To create a Kubernetes cluster, you can use the `kops-cluster` module:
You can refer to `./kops-cluster/variables.tf` for a documented list of all the
variables you can pass to the module.
```
module "kops-cluster" {
source = "github.com/elafarge/karch/aws/cluster"
version = "1.7.1"

aws-region = "eu-west-1"

# Networking & connectivity
vpc-name = "kube-hq"
vpc-cidr = "10.70.0.0/16"
availability-zones = ["eu-west-1a", "eu-west-1b", "eu-west-1c"]
kops-topology = "private"
trusted-cidrs = "0.0.0.0/0"
admin-ssh-public-key-path = "~/.ssh/id_rsa.pub"

# DNS
main-zone-id = "example.com"
cluster-name = "kube-hq.example.com"

# Kops & Kuberntetes
kops-state-bucket = "example-com-kops-state"

# Master
master-availability-zones = ["eu-west-1a"]
master-image = "ami-109d6069"

# Bastion
bastion-image = "ami-109d6069"

# First minion instance group
minion-image = "ami-109d6069"
}
```

#### Adding instance groups to the cluster

Here as well, it boils down to simply using a Terraform module.
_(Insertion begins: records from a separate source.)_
ghost use Rattle.std.specs.Borrow.{Bor};
ghost use Rattle.std.specs.Prelude.{⊤, ◌≡◌, ◌≢◌, ◌⊎◌, ◌<◌, ◌≤◌, ◌^◌, ℕ, List, [], IfErr, IfOk, IfSome, IsErrOf, IsSome, IsTrue, MatchResult, Ok, OnErr, OnOk, None, Some, false, length, slice_get, true};
ghost use Rattle.bao_files.specs.Disks.{Absent, IsKnown, IsStored, KeepsFiles, Puts, Stored};
ghost use Rattle.bao_files.specs.declared.fault.FileFault.TheVariants as FileFault;
ghost use Rattle.bao_text.specs.Choice.{chunk_count};
ghost use Rattle.bao_text.specs.Texts.{outboard_text};
ghost use Rattle.bao_tasks.specs.declared.gathered_fault.GatheredFault.TheVariants as GatheredFault;
ghost use Rattle.bao_windows.specs.Written.{AreTooLong};
ghost use Rattle.bao_windows.specs.declared.fault.GatherFault.{GatherFault as Cause};
ghost use Rattle.bao_windows.specs.declared.fault.GatherFault.TheVariants as GatherFault;
ghost use Rattle.holders.specs.Forms.{AreSlices};
ghost use Rattle.holders.specs.Blobs.{HasCollision};
ghost use Rattle.holders.specs.Lists.{IsFromSource};
ghost use Rattle.holders.specs.Blobs.{IsBlob};
ghost use Rattle.bao_tasks.specs.FromFiles.{AreEnough, CollidesBeside, CollidesBesideOutline, HasRoom, HaveBytes, IsExcusedGathering, IsFromFile, IsInFile, IsPutAt, IsRightAt, file_bytes, fixed_of, is_regular, taken_bytes};
ghost use Rattle.bao_windows.specs.Available.{CertifiesEnd};
ghost use Rattle.bao_tasks.specs.TakenFiles.{IsReachOf, IsSourceOf, IsFaultAt, IsGathered, AreKinds, AreOfFiles, Follows, HasSound, IsDrafted, IsRightDraft, IsTried, is_open, open_fault};
ghost use Rattle.bao_tasks.specs.GatheredFaults.{AreAbsent, IsFirstUnread, IsOfFiles, IsQuietGathered, LooksUnfinished, NamesBeside, NamesFirst, StopsBeside};
ghost use Rattle.bao_tasks.specs.declared.missing.Lack.TheVariants as Lack;
ghost use Rattle.bao_tasks.specs.Missing.{IsLackOf};
ghost use Rattle.bao_tasks.specs.MissingInFiles.{IsLackBeside, IsLackIn, IsReachIn};
ghost use Rattle.bao_tasks.specs.Gathered.{Fits, HasOutlineIn, HasRootAndFits, IsFaultOfOutline, gathered_text};
ghost use Rattle.bao_tasks.specs.Givens.{given_contents, is_given_faultless, most_bytes, shown_contents, shown_faultless};
ghost use Rattle.bao_tasks.specs.Worth.{IsWorthAs};

use crate::file_fate::Fate;
use crate::gathered_fault::GatheredFault;
use crate::given::{Given, Opened, held, most_bytes, placed, spool, spooled};
use crate::missing::{Lack, lack_of};
use crate::notes::Notes;
use crate::worth::{Worth, worth_of};
use crate::written::write_whole;
use b3par::Source;
use b3tree::{CHUNK_LEN, bytes_are};
use bao_check::check_outboard;
use bao_decode::read_outboard_on;
use bao_files::{Disk, FileFault, Progress, STANDARD_INPUT, Shown, encode_input};
use bao_text::{Encoding, encoded_len};
use bao_windows::{GatherFault, Wanted, WindowsFault, certified_length, write_windows};
use holders::Form;
use std::alloc::{AllocError, Global};
use std::io::Write;
use std::thread::Threads;

// How long a blob of any length may be for its longest encoding, or copy, to be read to the end from a file that isn't
// regular, if no file certifies the blob's length: so that an endless pipe ends before it has filled a large disk.
const MOST_UNCERTIFIED_LEN: u64 = 1 << 40;

// The progress of shorter files isn't reported.
const LEAST_SHOWN_LEN: u64 = 4 << 20;

/// What is gathered, how, and what is written and noted.
#[derive(Clone, Copy, Debug)]
pub struct Gathering<'a> {
    /// The blob, the form of the files, and the smallest range that they are asked for.
    pub wanted: Wanted<'a>,
    /// How many workers gather, 1 to 64. A number outside counts as the nearest of these.
    pub workers: u32,
    /// The most chunks that the blob may have, unless it is `long`.
    pub capacity: u32,
    /// Whether the blob may have any length.
    pub long: bool,
    /// Whether the blob's combined encoding is written in place of the blob.
    pub encode: bool,
    /// Whether the worth of each file that is taken is counted.
    pub count: bool,
    /// The most missing ranges to show if the blob stays unfinished. With 0 they aren't looked for.
    pub parts: usize,
}

// The files taken so far, the length in bytes of the longest, and whether memory was refused for one. Files that aren't
// regular are copied beside the file at `beside`.
#[derive(Drop)]
struct Taken<'p, S: Source + Drop, P: Progress> {
    givens: Vec<Shown<'p, S, P>>,
    longest: u64,
    starved: bool,
    beside: &'p str,
    progress: &'p P,
}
The list of
accepted variables can be found under `./kops-ig/variables.tf`.
```
module "ingress-ig" {
source = "github.com/elafarge/karch/aws/ig"
version = "1.7.1"

aws-region = "eu-west-1"

# Master cluster dependency hook
master-up = "${module.kops-cluster.master-up}"

# Global config
name = "ingress"
cluster-name = "kube-hq.example.com"
kops-state-bucket = "example-com-kops-state"
visibility = "private"
subnets = ["eu-west-1a", "eu-west-1b", "eu-west-1c"]
image = "ami-109d6069"
type = "t2.small"
volume-size = "16"
volume-type = "gp2"
min-size = 2
max-size = 3
node-labels = "${map("role.node", "ingress")}"
}
```

#### Mainting your cluster
You can entirely rely on Terraform to update your cluster on `terraform apply`.
Please note that we never run `kops rolling-update` for cluster updates. You'll
need to run it manually. However, rolling updates can be automatically applied
for instance groups, with a configurable node rollout time interval.